## Prompt
From the first line of the data below, copy each line up to the one containing "use bg_watch::Watcher;", and include that line too.

(Collected data entries)
________________________

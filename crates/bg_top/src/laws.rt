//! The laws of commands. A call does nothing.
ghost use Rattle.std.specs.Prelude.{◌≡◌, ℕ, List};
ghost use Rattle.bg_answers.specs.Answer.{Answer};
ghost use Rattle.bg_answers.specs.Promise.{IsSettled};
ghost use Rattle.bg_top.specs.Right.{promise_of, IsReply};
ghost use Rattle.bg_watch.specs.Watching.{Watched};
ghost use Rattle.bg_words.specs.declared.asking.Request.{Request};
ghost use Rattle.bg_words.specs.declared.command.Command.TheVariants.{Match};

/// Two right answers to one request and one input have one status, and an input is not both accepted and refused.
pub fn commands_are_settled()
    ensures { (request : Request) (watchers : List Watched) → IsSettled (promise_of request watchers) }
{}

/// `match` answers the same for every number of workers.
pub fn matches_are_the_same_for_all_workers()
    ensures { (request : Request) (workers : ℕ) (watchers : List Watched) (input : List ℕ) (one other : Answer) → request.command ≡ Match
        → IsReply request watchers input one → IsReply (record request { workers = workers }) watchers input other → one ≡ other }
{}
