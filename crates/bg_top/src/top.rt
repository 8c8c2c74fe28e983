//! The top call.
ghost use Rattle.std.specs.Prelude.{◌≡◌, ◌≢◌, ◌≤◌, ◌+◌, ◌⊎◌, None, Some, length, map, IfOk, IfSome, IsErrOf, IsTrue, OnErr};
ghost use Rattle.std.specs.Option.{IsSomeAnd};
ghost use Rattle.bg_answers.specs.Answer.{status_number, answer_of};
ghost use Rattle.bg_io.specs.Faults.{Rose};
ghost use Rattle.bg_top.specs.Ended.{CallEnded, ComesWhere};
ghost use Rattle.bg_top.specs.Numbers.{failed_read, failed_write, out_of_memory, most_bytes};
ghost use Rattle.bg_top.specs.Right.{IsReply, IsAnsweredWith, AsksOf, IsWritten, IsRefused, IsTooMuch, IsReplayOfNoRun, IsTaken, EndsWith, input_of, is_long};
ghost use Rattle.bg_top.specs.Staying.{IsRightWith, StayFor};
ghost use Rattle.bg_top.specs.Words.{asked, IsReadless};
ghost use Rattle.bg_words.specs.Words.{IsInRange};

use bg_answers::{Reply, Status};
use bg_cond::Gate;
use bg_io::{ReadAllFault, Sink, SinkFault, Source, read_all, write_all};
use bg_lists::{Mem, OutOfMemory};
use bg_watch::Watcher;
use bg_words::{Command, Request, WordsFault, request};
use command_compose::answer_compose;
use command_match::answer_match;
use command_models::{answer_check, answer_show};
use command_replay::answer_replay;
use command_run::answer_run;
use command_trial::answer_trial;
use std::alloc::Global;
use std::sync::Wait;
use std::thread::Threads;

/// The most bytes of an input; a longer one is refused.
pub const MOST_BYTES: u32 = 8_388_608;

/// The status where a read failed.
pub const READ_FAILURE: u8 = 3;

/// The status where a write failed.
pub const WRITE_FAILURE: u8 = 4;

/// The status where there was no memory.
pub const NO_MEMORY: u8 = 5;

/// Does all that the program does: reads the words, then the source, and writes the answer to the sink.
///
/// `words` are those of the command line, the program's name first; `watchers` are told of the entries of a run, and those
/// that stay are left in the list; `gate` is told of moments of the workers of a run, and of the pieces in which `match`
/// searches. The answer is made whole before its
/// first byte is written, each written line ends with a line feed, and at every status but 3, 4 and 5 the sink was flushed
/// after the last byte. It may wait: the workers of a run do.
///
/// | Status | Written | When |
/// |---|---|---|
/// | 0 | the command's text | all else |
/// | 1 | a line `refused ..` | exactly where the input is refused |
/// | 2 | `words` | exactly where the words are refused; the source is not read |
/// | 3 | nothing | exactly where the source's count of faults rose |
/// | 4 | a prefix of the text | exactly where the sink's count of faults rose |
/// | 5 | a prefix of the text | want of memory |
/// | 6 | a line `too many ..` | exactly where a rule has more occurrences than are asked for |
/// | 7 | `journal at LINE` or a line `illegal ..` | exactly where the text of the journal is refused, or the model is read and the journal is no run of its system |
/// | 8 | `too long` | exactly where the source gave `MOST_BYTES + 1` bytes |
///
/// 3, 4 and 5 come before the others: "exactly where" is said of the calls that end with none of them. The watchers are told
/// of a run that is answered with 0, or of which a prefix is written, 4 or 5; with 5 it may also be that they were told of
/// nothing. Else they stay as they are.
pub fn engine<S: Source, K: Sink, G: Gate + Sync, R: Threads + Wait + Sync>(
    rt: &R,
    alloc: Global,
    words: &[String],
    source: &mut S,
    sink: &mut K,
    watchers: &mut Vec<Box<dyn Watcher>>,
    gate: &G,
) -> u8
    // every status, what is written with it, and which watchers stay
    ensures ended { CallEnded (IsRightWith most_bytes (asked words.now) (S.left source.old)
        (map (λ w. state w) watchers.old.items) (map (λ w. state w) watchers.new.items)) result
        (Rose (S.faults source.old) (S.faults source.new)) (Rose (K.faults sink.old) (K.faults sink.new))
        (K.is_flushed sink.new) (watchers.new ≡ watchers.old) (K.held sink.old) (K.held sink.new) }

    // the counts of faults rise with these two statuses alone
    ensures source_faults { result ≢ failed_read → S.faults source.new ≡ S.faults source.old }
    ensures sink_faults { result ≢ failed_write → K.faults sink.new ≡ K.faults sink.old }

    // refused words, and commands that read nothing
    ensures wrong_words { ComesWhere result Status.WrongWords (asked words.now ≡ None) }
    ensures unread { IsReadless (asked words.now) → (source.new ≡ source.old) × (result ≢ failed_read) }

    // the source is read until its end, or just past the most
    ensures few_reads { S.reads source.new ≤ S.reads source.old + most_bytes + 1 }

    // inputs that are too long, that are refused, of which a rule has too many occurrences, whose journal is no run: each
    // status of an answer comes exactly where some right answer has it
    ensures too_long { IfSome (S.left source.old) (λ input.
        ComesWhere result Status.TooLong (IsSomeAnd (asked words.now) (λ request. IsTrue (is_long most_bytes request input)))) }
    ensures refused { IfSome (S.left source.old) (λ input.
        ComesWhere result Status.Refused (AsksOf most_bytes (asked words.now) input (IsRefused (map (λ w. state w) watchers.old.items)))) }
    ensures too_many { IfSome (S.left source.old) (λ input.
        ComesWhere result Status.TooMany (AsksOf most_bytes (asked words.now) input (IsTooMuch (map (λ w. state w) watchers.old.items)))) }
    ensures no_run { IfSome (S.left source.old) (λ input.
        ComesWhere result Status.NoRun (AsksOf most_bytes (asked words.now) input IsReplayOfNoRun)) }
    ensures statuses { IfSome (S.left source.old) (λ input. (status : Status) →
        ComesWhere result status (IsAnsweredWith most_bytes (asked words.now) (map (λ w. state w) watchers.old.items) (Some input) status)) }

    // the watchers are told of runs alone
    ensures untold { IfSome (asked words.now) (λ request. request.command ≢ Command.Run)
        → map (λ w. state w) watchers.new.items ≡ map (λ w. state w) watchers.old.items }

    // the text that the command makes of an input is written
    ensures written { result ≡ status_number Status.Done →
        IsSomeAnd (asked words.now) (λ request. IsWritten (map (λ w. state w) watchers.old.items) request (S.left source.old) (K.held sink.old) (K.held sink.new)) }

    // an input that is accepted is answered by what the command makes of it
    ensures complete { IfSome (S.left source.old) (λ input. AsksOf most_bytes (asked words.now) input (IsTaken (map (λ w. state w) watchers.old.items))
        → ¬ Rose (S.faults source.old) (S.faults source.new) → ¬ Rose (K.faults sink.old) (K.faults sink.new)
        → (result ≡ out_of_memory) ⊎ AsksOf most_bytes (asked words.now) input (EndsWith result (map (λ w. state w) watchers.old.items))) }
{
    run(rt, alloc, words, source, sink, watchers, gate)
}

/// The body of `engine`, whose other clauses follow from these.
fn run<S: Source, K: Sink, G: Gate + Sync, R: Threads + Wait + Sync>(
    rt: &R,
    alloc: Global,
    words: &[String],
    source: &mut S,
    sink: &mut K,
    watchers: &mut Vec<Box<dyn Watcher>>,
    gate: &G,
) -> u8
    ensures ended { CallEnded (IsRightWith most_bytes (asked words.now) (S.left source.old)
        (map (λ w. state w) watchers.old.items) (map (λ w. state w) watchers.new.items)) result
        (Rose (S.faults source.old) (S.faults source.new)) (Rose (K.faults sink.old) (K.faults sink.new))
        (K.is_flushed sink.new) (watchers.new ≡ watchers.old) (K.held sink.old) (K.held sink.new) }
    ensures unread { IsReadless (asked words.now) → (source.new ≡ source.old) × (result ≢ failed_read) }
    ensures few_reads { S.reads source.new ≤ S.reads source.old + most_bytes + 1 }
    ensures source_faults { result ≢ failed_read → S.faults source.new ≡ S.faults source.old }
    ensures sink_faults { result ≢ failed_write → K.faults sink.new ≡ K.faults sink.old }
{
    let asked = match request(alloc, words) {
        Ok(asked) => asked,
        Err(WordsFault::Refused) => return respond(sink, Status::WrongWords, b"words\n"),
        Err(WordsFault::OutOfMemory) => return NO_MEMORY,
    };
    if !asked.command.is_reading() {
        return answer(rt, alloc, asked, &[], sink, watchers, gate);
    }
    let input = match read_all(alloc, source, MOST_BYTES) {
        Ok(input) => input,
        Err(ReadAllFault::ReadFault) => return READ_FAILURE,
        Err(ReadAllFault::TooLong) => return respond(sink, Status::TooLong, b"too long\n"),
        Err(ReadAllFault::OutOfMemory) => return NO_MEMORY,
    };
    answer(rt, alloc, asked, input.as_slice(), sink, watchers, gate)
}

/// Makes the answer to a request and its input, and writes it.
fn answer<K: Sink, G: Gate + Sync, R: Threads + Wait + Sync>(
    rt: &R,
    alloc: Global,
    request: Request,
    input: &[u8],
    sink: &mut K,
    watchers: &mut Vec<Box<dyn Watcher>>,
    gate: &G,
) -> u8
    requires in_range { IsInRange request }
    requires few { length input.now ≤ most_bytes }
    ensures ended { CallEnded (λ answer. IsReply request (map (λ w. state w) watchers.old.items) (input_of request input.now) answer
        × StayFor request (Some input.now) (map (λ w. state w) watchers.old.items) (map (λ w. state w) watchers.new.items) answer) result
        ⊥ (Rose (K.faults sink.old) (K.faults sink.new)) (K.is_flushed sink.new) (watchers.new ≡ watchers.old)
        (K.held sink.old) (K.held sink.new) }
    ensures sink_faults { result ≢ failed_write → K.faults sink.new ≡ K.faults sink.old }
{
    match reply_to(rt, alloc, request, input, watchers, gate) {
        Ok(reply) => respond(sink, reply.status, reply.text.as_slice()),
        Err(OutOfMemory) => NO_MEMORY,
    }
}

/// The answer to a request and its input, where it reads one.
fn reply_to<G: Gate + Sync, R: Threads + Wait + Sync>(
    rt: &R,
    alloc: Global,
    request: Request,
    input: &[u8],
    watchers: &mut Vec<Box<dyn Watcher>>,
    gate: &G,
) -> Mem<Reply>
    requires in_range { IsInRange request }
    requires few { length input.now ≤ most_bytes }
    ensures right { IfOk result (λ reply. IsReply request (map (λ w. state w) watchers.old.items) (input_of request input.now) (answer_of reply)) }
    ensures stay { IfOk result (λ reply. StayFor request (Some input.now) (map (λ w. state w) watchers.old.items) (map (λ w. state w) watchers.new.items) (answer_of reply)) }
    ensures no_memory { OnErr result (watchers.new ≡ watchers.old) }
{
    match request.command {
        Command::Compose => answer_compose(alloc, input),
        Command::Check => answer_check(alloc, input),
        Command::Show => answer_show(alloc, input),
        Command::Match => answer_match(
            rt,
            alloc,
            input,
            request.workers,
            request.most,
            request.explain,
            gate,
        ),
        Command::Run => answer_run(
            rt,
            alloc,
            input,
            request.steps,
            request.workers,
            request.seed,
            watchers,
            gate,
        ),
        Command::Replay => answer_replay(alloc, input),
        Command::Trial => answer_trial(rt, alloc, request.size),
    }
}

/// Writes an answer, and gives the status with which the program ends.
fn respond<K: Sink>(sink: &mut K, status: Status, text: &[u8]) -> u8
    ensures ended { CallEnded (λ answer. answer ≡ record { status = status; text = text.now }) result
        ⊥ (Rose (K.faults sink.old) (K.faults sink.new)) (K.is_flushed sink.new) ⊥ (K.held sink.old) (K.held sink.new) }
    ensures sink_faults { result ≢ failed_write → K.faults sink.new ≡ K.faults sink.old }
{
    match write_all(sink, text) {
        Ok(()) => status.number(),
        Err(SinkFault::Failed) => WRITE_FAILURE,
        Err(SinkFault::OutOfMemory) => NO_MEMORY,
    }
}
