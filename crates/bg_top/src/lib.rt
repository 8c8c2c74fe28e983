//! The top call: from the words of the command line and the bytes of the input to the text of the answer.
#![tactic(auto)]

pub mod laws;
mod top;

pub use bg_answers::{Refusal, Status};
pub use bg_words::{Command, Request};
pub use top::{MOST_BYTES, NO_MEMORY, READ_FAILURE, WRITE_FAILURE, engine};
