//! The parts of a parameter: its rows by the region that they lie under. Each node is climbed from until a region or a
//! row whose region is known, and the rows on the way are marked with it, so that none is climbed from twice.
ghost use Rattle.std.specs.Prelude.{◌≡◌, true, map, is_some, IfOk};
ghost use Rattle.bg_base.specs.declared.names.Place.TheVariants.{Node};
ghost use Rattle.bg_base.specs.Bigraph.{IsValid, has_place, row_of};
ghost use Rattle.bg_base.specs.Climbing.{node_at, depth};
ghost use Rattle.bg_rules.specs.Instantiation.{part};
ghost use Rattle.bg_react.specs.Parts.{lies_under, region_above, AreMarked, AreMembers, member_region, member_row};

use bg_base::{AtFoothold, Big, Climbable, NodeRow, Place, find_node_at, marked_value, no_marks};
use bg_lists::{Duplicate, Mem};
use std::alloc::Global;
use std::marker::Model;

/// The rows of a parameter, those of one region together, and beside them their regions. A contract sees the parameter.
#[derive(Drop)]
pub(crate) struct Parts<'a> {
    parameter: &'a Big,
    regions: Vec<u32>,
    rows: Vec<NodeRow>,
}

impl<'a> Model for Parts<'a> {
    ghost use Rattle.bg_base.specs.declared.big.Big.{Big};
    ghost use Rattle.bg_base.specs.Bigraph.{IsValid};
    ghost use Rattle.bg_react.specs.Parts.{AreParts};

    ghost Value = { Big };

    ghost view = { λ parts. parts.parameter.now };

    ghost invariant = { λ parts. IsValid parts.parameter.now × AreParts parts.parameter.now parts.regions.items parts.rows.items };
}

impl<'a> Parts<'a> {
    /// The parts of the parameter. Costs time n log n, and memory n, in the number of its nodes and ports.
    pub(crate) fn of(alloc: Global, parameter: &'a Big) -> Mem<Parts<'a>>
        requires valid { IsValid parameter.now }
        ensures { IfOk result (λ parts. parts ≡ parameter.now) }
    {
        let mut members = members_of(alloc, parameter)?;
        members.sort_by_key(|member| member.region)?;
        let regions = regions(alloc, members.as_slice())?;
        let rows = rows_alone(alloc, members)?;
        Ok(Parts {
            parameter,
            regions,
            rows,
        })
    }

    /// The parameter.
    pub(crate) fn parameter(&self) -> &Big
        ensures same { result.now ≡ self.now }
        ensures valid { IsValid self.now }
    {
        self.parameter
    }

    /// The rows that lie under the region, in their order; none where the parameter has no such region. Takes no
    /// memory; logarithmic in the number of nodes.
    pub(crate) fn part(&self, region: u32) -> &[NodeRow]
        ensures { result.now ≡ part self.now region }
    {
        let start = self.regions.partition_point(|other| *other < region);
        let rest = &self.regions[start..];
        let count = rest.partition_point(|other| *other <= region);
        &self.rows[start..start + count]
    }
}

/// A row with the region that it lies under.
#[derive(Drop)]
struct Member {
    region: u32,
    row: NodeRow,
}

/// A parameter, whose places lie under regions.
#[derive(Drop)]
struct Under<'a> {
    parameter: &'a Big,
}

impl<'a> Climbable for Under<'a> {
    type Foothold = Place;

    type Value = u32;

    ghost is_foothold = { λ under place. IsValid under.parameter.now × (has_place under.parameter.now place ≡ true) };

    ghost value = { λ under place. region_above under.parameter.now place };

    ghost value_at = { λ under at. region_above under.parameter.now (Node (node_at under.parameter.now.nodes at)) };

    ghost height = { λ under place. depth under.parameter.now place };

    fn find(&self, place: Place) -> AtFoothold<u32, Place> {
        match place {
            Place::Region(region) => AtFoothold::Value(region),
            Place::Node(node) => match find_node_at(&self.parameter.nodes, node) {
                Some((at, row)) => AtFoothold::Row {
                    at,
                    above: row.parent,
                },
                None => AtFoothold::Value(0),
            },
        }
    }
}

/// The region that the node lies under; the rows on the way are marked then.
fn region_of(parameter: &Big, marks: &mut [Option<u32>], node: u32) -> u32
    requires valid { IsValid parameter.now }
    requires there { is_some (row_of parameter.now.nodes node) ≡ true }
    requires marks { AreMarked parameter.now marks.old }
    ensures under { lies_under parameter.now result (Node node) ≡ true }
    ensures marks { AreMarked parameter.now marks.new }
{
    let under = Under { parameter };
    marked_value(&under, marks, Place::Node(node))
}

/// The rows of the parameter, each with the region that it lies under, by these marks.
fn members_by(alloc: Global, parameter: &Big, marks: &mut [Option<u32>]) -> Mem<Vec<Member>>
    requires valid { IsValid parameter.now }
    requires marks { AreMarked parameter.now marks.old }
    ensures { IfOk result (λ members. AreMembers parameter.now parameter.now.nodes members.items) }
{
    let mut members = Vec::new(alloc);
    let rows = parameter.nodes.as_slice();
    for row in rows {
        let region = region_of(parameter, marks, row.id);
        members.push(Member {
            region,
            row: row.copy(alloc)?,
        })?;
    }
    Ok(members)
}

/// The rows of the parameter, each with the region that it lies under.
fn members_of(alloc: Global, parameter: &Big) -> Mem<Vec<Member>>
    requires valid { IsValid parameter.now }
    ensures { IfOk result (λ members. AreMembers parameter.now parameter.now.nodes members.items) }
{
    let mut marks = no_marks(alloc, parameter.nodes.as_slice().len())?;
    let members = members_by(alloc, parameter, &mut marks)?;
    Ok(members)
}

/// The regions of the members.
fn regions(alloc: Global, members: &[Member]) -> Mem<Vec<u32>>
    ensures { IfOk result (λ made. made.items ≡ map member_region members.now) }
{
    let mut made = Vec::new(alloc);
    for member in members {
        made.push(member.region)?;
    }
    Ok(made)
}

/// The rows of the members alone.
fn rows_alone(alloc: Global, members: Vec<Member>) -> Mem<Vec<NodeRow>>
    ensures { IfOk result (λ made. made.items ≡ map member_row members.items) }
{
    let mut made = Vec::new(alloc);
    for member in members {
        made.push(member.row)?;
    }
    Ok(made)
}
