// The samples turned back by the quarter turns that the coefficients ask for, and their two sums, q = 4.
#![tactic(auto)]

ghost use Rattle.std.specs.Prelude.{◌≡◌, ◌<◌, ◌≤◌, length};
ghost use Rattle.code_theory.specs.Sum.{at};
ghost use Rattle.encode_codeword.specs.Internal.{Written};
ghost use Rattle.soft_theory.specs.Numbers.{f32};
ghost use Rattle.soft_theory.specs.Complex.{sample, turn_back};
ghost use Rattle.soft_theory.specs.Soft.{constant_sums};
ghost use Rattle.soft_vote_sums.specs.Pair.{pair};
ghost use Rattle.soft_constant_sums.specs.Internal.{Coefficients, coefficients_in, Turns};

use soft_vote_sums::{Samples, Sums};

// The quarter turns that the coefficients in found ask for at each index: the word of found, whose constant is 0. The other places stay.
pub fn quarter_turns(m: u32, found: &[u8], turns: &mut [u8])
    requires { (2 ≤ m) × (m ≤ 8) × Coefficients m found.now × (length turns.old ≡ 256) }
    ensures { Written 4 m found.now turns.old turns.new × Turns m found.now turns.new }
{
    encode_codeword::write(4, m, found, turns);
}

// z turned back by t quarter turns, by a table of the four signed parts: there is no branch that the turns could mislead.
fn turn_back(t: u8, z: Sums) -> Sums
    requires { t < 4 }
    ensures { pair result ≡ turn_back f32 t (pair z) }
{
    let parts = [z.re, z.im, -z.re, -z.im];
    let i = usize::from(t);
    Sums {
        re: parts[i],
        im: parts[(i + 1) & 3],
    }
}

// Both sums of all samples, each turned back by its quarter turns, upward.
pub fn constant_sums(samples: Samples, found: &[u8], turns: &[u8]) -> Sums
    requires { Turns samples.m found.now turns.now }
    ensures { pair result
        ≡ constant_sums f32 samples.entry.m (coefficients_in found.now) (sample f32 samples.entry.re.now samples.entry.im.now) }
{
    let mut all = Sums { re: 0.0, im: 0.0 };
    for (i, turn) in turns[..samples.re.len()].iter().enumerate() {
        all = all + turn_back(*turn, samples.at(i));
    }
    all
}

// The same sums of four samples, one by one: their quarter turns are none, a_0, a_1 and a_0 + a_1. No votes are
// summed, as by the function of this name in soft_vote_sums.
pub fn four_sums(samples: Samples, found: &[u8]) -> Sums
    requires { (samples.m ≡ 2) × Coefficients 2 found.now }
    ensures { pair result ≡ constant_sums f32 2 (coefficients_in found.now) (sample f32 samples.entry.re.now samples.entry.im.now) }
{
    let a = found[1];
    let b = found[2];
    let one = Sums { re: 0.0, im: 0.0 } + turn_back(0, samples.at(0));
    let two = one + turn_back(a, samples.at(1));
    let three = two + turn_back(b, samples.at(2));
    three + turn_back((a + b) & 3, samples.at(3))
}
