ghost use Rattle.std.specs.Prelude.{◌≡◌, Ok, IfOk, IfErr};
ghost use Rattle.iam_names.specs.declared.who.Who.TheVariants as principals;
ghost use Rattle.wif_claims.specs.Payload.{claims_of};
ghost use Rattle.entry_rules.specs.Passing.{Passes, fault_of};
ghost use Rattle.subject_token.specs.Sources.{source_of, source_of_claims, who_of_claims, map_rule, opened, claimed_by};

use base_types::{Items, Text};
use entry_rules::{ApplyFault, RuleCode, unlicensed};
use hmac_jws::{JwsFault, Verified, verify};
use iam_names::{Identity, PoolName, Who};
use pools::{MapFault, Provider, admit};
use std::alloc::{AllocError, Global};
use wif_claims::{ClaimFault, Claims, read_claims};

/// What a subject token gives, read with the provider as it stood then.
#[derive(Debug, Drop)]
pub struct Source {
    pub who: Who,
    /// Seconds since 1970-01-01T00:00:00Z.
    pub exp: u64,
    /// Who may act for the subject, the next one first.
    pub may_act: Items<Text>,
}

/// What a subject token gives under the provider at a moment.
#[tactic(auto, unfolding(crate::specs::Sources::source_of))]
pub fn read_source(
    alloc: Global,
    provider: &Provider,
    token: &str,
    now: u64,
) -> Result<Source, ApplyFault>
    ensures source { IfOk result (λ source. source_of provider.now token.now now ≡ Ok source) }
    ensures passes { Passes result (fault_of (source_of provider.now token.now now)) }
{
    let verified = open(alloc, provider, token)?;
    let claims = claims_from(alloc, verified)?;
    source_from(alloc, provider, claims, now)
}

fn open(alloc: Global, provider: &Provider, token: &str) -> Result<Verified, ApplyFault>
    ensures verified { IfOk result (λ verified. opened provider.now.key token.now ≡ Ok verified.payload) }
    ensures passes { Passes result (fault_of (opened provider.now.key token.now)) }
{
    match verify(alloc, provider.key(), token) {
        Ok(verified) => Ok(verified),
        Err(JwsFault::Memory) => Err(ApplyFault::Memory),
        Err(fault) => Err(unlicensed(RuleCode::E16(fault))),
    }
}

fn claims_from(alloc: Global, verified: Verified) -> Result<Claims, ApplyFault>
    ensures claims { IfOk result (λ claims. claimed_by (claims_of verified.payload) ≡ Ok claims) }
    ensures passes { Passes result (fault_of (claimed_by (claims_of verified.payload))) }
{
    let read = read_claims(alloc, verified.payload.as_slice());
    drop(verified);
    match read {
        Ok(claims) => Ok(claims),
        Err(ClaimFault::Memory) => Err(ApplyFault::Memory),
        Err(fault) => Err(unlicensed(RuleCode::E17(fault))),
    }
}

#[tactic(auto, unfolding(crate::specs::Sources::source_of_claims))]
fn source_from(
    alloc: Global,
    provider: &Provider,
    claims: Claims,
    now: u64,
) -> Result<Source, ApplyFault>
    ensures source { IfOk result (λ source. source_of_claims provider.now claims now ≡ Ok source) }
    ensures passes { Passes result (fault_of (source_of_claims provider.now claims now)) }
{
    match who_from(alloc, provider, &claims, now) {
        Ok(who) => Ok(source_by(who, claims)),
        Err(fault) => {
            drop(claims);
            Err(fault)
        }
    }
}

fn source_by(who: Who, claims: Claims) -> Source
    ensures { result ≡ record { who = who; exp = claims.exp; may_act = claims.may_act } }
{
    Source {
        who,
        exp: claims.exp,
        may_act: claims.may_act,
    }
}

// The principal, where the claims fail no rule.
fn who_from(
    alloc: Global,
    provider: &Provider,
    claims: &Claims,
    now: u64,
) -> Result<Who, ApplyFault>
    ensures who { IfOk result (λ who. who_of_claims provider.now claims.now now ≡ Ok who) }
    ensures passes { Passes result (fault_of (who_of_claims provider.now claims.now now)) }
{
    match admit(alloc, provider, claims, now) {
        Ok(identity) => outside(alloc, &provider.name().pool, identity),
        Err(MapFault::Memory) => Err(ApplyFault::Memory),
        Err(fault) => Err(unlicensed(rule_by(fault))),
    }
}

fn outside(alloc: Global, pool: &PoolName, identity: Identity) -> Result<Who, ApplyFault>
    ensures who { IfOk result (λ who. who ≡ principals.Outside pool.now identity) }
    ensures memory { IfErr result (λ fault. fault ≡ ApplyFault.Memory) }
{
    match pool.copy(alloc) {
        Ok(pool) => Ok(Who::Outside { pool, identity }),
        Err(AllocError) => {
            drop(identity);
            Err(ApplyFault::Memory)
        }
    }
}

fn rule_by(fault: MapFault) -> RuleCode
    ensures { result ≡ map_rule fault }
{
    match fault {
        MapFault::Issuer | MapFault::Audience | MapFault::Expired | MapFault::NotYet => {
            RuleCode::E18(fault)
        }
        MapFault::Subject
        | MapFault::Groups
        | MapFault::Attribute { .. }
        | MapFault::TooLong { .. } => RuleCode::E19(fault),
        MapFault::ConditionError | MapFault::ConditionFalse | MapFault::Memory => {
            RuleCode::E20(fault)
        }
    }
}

________________________

## Written response
filename crates/bg_top/src/laws.rt
//! The laws of commands. A call does nothing.
ghost use Rattle.std.specs.Prelude.{◌≡◌, ℕ, List};
ghost use Rattle.bg_answers.specs.Answer.{Answer};
ghost use Rattle.bg_answers.specs.Promise.{IsSettled};
ghost use Rattle.bg_top.specs.Right.{promise_of, IsReply};
ghost use Rattle.bg_watch.specs.Watching.{Watched};
ghost use Rattle.bg_words.specs.declared.asking.Request.{Request};
ghost use Rattle.bg_words.specs.declared.command.Command.TheVariants.{Match};

/// Two right answers to one request and one input have one status, and an input is not both accepted and refused.
pub fn commands_are_settled()
    ensures { (request : Request) (watchers : List Watched) → IsSettled (promise_of request watchers) }
{}

/// `match` answers the same for every number of workers.
pub fn matches_are_the_same_for_all_workers()
    ensures { (request : Request) (workers : ℕ) (watchers : List Watched) (input : List ℕ) (one other : Answer) → request.command ≡ Match
        → IsReply request watchers input one → IsReply (record request { workers = workers }) watchers input other → one ≡ other }
{}
filename crates/bg_top/src/top.rt
repository 8c8c2c74fe28e983
//! The top call.
ghost use Rattle.std.specs.Prelude.{◌≡◌, ◌≢◌, ◌≤◌, ◌+◌, ◌⊎◌, None, Some, length, map, IfOk, IfSome, IsErrOf, IsTrue, OnErr};
ghost use Rattle.std.specs.Option.{IsSomeAnd};
ghost use Rattle.bg_answers.specs.Answer.{status_number, answer_of};
ghost use Rattle.bg_io.specs.Faults.{Rose};
ghost use Rattle.bg_top.specs.Ended.{CallEnded, ComesWhere};
ghost use Rattle.bg_top.specs.Numbers.{failed_read, failed_write, out_of_memory, most_bytes};
ghost use Rattle.bg_top.specs.Right.{IsReply, IsAnsweredWith, AsksOf, IsWritten, IsRefused, IsTooMuch, IsReplayOfNoRun, IsTaken, EndsWith, input_of, is_long};
ghost use Rattle.bg_top.specs.Staying.{IsRightWith, StayFor};
ghost use Rattle.bg_top.specs.Words.{asked, IsReadless};
ghost use Rattle.bg_words.specs.Words.{IsInRange};

use bg_answers::{Reply, Status};
use bg_cond::Gate;
use bg_io::{ReadAllFault, Sink, SinkFault, Source, read_all, write_all};
use bg_lists::{Mem, OutOfMemory};
use bg_watch::Watcher;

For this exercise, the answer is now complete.